Gemüsearten wie Endivie oder Löwenzahn könnten zwar ungebleicht genossen werden, schmecken den meisten aber einfach besser, wenn sie durch das Bleichen eine mildere Note annehmen. Bei Gemüse wie dem Blumenkohl, dem Spargel oder dem Bleichsellerie ist hingegen vor allem die Optik maßgebend. Gründe dafür liegen oft weit in der Vergangenheit, wo weiß für „nobel“ oder „edel“ stand.

Das Bleichen von Gemüse ist heute unter Gärtnern nicht mehr so stark verbreitet, da es zum einen sehr aufwendig ist und es zum anderen der modernen Züchtung gelungen ist, einen Großteil des Blattgrüns und der Bitterstoffe „wegzuzüchten“. So gibt es zum Beispiel mittlerweile selbstbleichende Sorten von Endivie, Bindesalat oder Bleichsellerie. Nichtsdestotrotz gibt es Gemüsearten und alte Sorten, die noch gebleicht werden müssen.

Wie wird gebleicht?

Das Bleichen ist meist viel Handarbeit, denn das Gemüse muss abgedeckt, gehäufelt oder gebunden werden. Der Bindesalat hat heute noch seinen Namen von dieser aufwendigen Bleichmaßnahme behalten, denn er muss mit einem Faden zusammengebunden werden, damit das Salatherz zart und hell wird.

Bei der Endivie werden die Salatherzen mit einem Teller oder Ähnlichem abgedeckt. Dies sollte aber erst kurz vor der Ernte passieren, denn durch zu starkes Bleichen entzieht man der Endivie viele wertvolle Inhaltsstoffe.

Andere Gemüsearten wie Porree, Bleichsellerie, oder die hierzulande eher unbekannte Cardy (Gemüseartischocke) werden bis zu den Blättern – oder aber ganz, wie beim Spargel – mit Erde angehäufelt, damit sie an Zartheit und Helligkeit gewinnen. Auch mit einem Eimer können Sie das Blattgrün fördernde Sonnenlicht von den Pflanzen fernhalten.

Diese Praxis bietet sich zum Beispiel bei Meerkohl, Löwenzahn (siehe unten) oder Chicorée an. Die beiden letzt genannten kann man aber auch ganz einfach über Winter in den dunklen Keller holen, um sich in dieser lichtarmen Jahreszeit mit vitaminreichem Gemüse zu versorgen. 

Hätten Sie es gewusst?

Auch der Blumenkohl würde einen grünen Kopf bilden, wenn er nicht vor dem Licht geschützt wäre. Dies sieht man an seinem grünen Bruder, dem Romanesco. Der Blumenkohl schützt seine fleischigen Blütensprossen allerdings zum größten Teil selbst durch dicke Hüllblätter. Oben auf der Spitze muss der Gärtner aber durch Umknicken der obersten Hüllblätter etwas nachhelfen.

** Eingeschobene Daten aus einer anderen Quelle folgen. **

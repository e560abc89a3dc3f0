ghost use Rattle.std.specs.Prelude.{◌≡◌, ◌≤◌, length};
ghost use Rattle.charlotte_calls.specs.declared.names.EndId.{EndId};
ghost use Rattle.end_table.specs.declared.entry.Entry.{Entry};
ghost use Rattle.kernel_event.specs.Order.{put_behind};
ghost use Rattle.kernel_step.specs.Progress.{progress, AddsAtMost};
ghost use Rattle.kernel_step.specs.Room.{no_room};

use charlotte_packets::Work;

/// Of the packets before `upto`, which are few, the first ones go behind the others.
pub(crate) fn put_behind(out: &mut Work, first: usize, upto: usize)
    requires first { first ≤ upto }
    requires upto { upto ≤ length out.old.packets.items }
    requires few { upto ≤ 64 }
    ensures part { (t : EndId → Entry) → progress t out.new ≡ put_behind first upto (progress t out.old) }
    ensures room { AddsAtMost no_room out.old out.new }
{
    out.packets.put_behind(first, upto);
}
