//! Laws of the grammar: a list of tokens has at most one tree, and recursive descent finds it, or the first fault.
//!
//! `proofs/Find*.antt` go from a tree to the answer of a descent. `proofs/Locality*.antt` show that what is read up to a token does not
//! depend on what stands behind it: so a refusal at a token is one for every list that goes on from there (`proofs/Exact.antt`).
#![tactic(auto)]

mod law;

pub use law::one_tree;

Bleichen von Löwenzahn im Eimer

Seitdem viele Spitzenköche den Löwenzahn für die Küche wiederentdeckt haben, ist er hierzulande nicht mehr länger nur Unkraut. Bekannt ist er vor allem aber aus der orientalischen Küche, wo er als Salat oder gedünstet als Gemüse verzehrt wird. Der Kulturlöwenzahn enthält im Gegensatz zur Wildform weniger Bitterstoffe.

Wem der Kulturlöwenzahn dennoch zu bitter ist, kann ihn durch Bleichen noch weiter mildern. Im Frühjahr gesäter Löwenzahn kann ab dem Spätsommer auf einfache Weise durch Überstülpen eines Eimers gebleicht werden. Ähnlich wie Chicorée können Sie den Löwenzahn aber auch über Winter im dunklen Keller oder Schuppen treiben. Alles was Sie dazu brauchen, sind Löwenzahnwurzeln, etwas Sand und einen Eimer.

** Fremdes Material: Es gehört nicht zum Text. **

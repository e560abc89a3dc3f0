//! Why a step of a history is not allowed, in words, with the names of the history.
#![tactic(auto)]

mod calls;
mod messages;
mod reports;
mod steps;
mod telling;

use crate::telling::Telling;
use charlotte_calls::NoMemory;
use history_run::History;
use std::alloc::Global;

/// Why the last line of a history was not allowed: the first of the reasons of its step that holds.
pub fn reason(alloc: Global, history: &History) -> Result<Vec<u8>, NoMemory> {
    let mut telling = Telling::new(alloc, history.draft(), history.service());
    telling.step(history.act())?;
    Ok(telling.into_text())
}
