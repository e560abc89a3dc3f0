//! The definitions of the link service, the plain meaning of what kernels do together: it is one table of all ends with their
//! messages, and a list of processes. Nothing here knows where an end is, but for the maker of a link and the home of a process.
//!
//! `specs/` has the states, when a call is refused, the sixteen steps, runs, and which runs are lawful. The types of a state
//! stand in `state.rt`, with what a step asks of them.
//!
//! # What is proved
//! The link service, as definitions: states, causes, the sixteen steps, runs, lawful runs. They are the statement, not a result. How they
//! were tried is in docs/SERVICE.md. Proved is what a step asks of an end, an activity and a phase.
//! By `IsServiceStep`, `IsServiceRun`, `IsLawful` in `specs/`; clauses of the methods in `state.rt`.
#![tactic(auto)]

mod state;

pub use state::{End, Inward, Message, Outward, Phase, Place};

Die Pfahlwurzeln können Sie im November vom Beet roden und – nachdem Sie die Blätter entfernt haben – dicht an dicht in einen Eimer mit feuchtem Sand stecken. Wichtig ist, dass die Wurzeln direkt vom feuchten Sand umgeben sind und dass der Eimer wirklich dunkel steht. Wer auf Nummer sicher gehen will, deckt den Eimer mit lichtundurchlässiger Folie ab. Anders als Chicorée können Löwenzahnwurzeln mehrfach beerntet werden.